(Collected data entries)
ghost use Rattle.std.specs.Prelude.{◌≡◌, ◌++◌, MatchResult, OnOk};
ghost use Rattle.std.specs.Io.KnownBytes.{Appends};
ghost use Rattle.registry_orders.specs.Failures.{status_of, text_of, failure_of, failure_of_text};
ghost use Rattle.registry_orders.specs.Outputs.{newline, AppendsPart};

use crate::output::write_texts;
use itoa::Buffer;
use oci_types::NameFault;
use registry_model::AdminFault;
use std::alloc::AllocError;
use std::io::Write;
use std::{fmt, io};

/// Why the program ends with another status than 0.
#[derive(Clone, Copy)]
pub enum Failure {
    NoRepo,
    NoGrant,
    RepoThere,
    InvalidName,
    InvalidToken,
    InvalidOptions,
    OutOfMemory,
    StorageFailure,
    /// The database has this schema, which is another than the one that is read.
    Schema(i64),
    NotARegistry,
    /// Something is wrong in a registry, which was said on standard output.
    Damaged,
    ConnectionFailure,
}

impl Failure {
    /// The exit status: 1 a refused command, 2 the command line, 3 storage, schema, memory or damage, 4 a
    /// socket, reading or writing.
    pub fn status(self) -> u8
        ensures { result ≡ status_of self }
    {
        match self {
            Failure::NoRepo => 1,
            Failure::NoGrant => 1,
            Failure::RepoThere => 1,
            Failure::InvalidName => 2,
            Failure::InvalidToken => 2,
            Failure::InvalidOptions => 2,
            Failure::OutOfMemory => 3,
            Failure::StorageFailure => 3,
            Failure::Schema(_) => 3,
            Failure::NotARegistry => 3,
            Failure::Damaged => 3,
            Failure::ConnectionFailure => 4,
        }
    }

    /// What is said of it; of a schema, its number.
    fn words(self) -> Result<&'static str, i64>
        ensures { MatchResult result (λ words. words.now ≡ text_of self)
            (λ found. self ≡ Failure.Schema found) }
    {
        match self {
            Failure::NoRepo => Ok("registry: no such repository"),
            Failure::NoGrant => Ok("registry: no such grant"),
            Failure::RepoThere => Ok("registry: repository already there"),
            Failure::InvalidName => Ok("registry: invalid name"),
            Failure::InvalidToken => Ok("registry: invalid token"),
            Failure::InvalidOptions => Ok("registry: invalid options"),
            Failure::OutOfMemory => Ok("registry: out of memory"),
            Failure::StorageFailure => Ok("registry: storage failure"),
            Failure::Schema(found) => Err(found),
            Failure::NotARegistry => Ok("registry: not a registry"),
            Failure::Damaged => Ok("registry: damaged"),
            Failure::ConnectionFailure => Ok("registry: connection failure"),
        }
    }
}

/// What is said of it on standard error.
impl fmt::Display for Failure {
    ghost use Rattle.std.specs.Prelude.{Some};
    ghost use Rattle.registry_orders.specs.Failures.{text_of};

    ghost output = { λ failure. Some (text_of failure) };

    fn fmt<W: fmt::Write>(&self, f: &mut fmt::Formatter<W>) -> fmt::Result {
        match self.words() {
            Ok(words) => f.write_str(words),
            Err(found) => write!(f, "registry: schema {found} is not supported"),
        }
    }
}

impl From<AllocError> for Failure {
    ghost use Rattle.std.specs.Prelude.{◌≡◌};
    ghost use Rattle.registry_orders.specs.declared.failure.Failure.{Failure};

    ghost from_gives = { λ _ failure. failure ≡ Failure.OutOfMemory };

    fn from(_: AllocError) -> Failure {
        Failure::OutOfMemory
    }
}

impl<T: Drop> From<std::alloc::AllocFailed<T>> for Failure {
    ghost use Rattle.std.specs.Prelude.{◌≡◌};
    ghost use Rattle.registry_orders.specs.declared.failure.Failure.{Failure};

    ghost from_gives = { λ _ failure. failure ≡ Failure.OutOfMemory };

    fn from(_: std::alloc::AllocFailed<T>) -> Failure {
        Failure::OutOfMemory
    }
}

/// Writes what is said of a failure, as a line. No memory is taken for it, since it may be want of memory.
pub(crate) fn write_line<E: Write>(err: &mut E, failure: Failure) -> io::Result<()>
    ensures whole { OnOk result (Appends (E.contents err.old) (E.contents err.new)
        (text_of failure ++ newline)) }
    ensures part { AppendsPart (E.contents err.old) (E.contents err.new) (text_of failure ++ newline) }
{
    match failure.words() {
        Ok(words) => write_texts(err, &[words, "\n"]),
        Err(found) => {
            let mut digits = Buffer::new();
            let found = digits.format(found);
            write_texts(err, &["registry: schema ", found, " is not supported\n"])
        }
    }
}

/// Says why on standard error, and gives the exit status. Where standard error takes not the whole line, a
/// first part of it was written.
pub fn say<E: Write>(err: &mut E, failure: Failure) -> u8
    ensures status { result ≡ status_of failure }
    ensures said { AppendsPart (E.contents err.old) (E.contents err.new) (text_of failure ++ newline) }
{
    let _ = write_line(err, failure);
    failure.status()
}

/// Why a command was not carried out.
pub fn of_command(fault: AdminFault) -> Failure
    ensures { result ≡ failure_of fault }
{
    match fault {
        AdminFault::NoRepo => Failure::NoRepo,
        AdminFault::NoGrant => Failure::NoGrant,
        AdminFault::RepoThere => Failure::RepoThere,
        AdminFault::Memory => Failure::OutOfMemory,
        AdminFault::Storage => Failure::StorageFailure,
    }
}

/// Why a text is no name or no token, or that memory is wanting.
pub fn of_text(fault: NameFault, kind: Failure) -> Failure
    ensures { result ≡ failure_of_text fault kind }
{
    match fault {
        NameFault::Memory => Failure::OutOfMemory,
        _ => kind,
    }
}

= PROBLEM TO SOLVE =
Please print the data above exactly as it appears.

= ANSWER SPACE =
ghost use Rattle.std.specs.Prelude.{◌≡◌, ◌++◌, MatchResult, OnOk};
ghost use Rattle.std.specs.Io.KnownBytes.{Appends};
ghost use Rattle.registry_orders.specs.Failures.{status_of, text_of, failure_of, failure_of_text};
ghost use Rattle.registry_orders.specs.Outputs.{newline, AppendsPart};

use crate::output::write_texts;
use itoa::Buffer;
use oci_types::NameFault;
use registry_model::AdminFault;
use std::alloc::AllocError;
use std::io::Write;
use std::{fmt, io};

/// Why the program ends with another status than 0.
#[derive(Clone, Copy)]
pub enum Failure {
    NoRepo,
    NoGrant,
    RepoThere,
    InvalidName,
    InvalidToken,
    InvalidOptions,
    OutOfMemory,
    StorageFailure,
    /// The database has this schema, which is another than the one that is read.
    Schema(i64),
    NotARegistry,
    /// Something is wrong in a registry, which was said on standard output.
    Damaged,
    ConnectionFailure,
}

impl Failure {
    /// The exit status: 1 a refused command, 2 the command line, 3 storage, schema, memory or damage, 4 a
    /// socket, reading or writing.
    pub fn status(self) -> u8
        ensures { result ≡ status_of self }
    {
        match self {
            Failure::NoRepo => 1,
            Failure::NoGrant => 1,
            Failure::RepoThere => 1,
            Failure::InvalidName => 2,
            Failure::InvalidToken => 2,
            Failure::InvalidOptions => 2,
            Failure::OutOfMemory => 3,
            Failure::StorageFailure => 3,
            Failure::Schema(_) => 3,
            Failure::NotARegistry => 3,
            Failure::Damaged => 3,
            Failure::ConnectionFailure => 4,
        }
    }

    /// What is said of it; of a schema, its number.
    fn words(self) -> Result<&'static str, i64>
        ensures { MatchResult result (λ words. words.now ≡ text_of self)
            (λ found. self ≡ Failure.Schema found) }
    {
        match self {
            Failure::NoRepo => Ok("registry: no such repository"),
            Failure::NoGrant => Ok("registry: no such grant"),
            Failure::RepoThere => Ok("registry: repository already there"),
            Failure::InvalidName => Ok("registry: invalid name"),
            Failure::InvalidToken => Ok("registry: invalid token"),
            Failure::InvalidOptions => Ok("registry: invalid options"),
            Failure::OutOfMemory => Ok("registry: out of memory"),
            Failure::StorageFailure => Ok("registry: storage failure"),
            Failure::Schema(found) => Err(found),
            Failure::NotARegistry => Ok("registry: not a registry"),
            Failure::Damaged => Ok("registry: damaged"),
            Failure::ConnectionFailure => Ok("registry: connection failure"),
        }
    }
}

/// What is said of it on standard error.
impl fmt::Display for Failure {
    ghost use Rattle.std.specs.Prelude.{Some};
    ghost use Rattle.registry_orders.specs.Failures.{text_of};

    ghost output = { λ failure. Some (text_of failure) };

    fn fmt<W: fmt::Write>(&self, f: &mut fmt::Formatter<W>) -> fmt::Result {
        match self.words() {
            Ok(words) => f.write_str(words),
            Err(found) => write!(f, "registry: schema {found} is not supported"),
        }
    }
}

impl From<AllocError> for Failure {
    ghost use Rattle.std.specs.Prelude.{◌≡◌};
    ghost use Rattle.registry_orders.specs.declared.failure.Failure.{Failure};

    ghost from_gives = { λ _ failure. failure ≡ Failure.OutOfMemory };

    fn from(_: AllocError) -> Failure {
        Failure::OutOfMemory
    }
}

impl<T: Drop> From<std::alloc::AllocFailed<T>> for Failure {
    ghost use Rattle.std.specs.Prelude.{◌≡◌};
    ghost use Rattle.registry_orders.specs.declared.failure.Failure.{Failure};

    ghost from_gives = { λ _ failure. failure ≡ Failure.OutOfMemory };

    fn from(_: std::alloc::AllocFailed<T>) -> Failure {
        Failure::OutOfMemory
    }
}

/// Writes what is said of a failure, as a line. No memory is taken for it, since it may be want of memory.
pub(crate) fn write_line<E: Write>(err: &mut E, failure: Failure) -> io::Result<()>
    ensures whole { OnOk result (Appends (E.contents err.old) (E.contents err.new)
        (text_of failure ++ newline)) }
    ensures part { AppendsPart (E.contents err.old) (E.contents err.new) (text_of failure ++ newline) }
{
    match failure.words() {
        Ok(words) => write_texts(err, &[words, "\n"]),
        Err(found) => {
            let mut digits = Buffer::new();
            let found = digits.format(found);
            write_texts(err, &["registry: schema ", found, " is not supported\n"])
        }
    }
}

/// Says why on standard error, and gives the exit status. Where standard error takes not the whole line, a
/// first part of it was written.
pub fn say<E: Write>(err: &mut E, failure: Failure) -> u8
    ensures status { result ≡ status_of failure }
    ensures said { AppendsPart (E.contents err.old) (E.contents err.new) (text_of failure ++ newline) }
{
    let _ = write_line(err, failure);
    failure.status()
}

/// Why a command was not carried out.
pub fn of_command(fault: AdminFault) -> Failure
    ensures { result ≡ failure_of fault }
{
    match fault {
        AdminFault::NoRepo => Failure::NoRepo,
        AdminFault::NoGrant => Failure::NoGrant,
        AdminFault::RepoThere => Failure::RepoThere,
        AdminFault::Memory => Failure::OutOfMemory,
        AdminFault::Storage => Failure::StorageFailure,
    }
}

/// Why a text is no name or no token, or that memory is wanting.
pub fn of_text(fault: NameFault, kind: Failure) -> Failure
    ensures { result ≡ failure_of_text fault kind }
{
    match fault {
        NameFault::Memory => Failure::OutOfMemory,
        _ => kind,
    }
}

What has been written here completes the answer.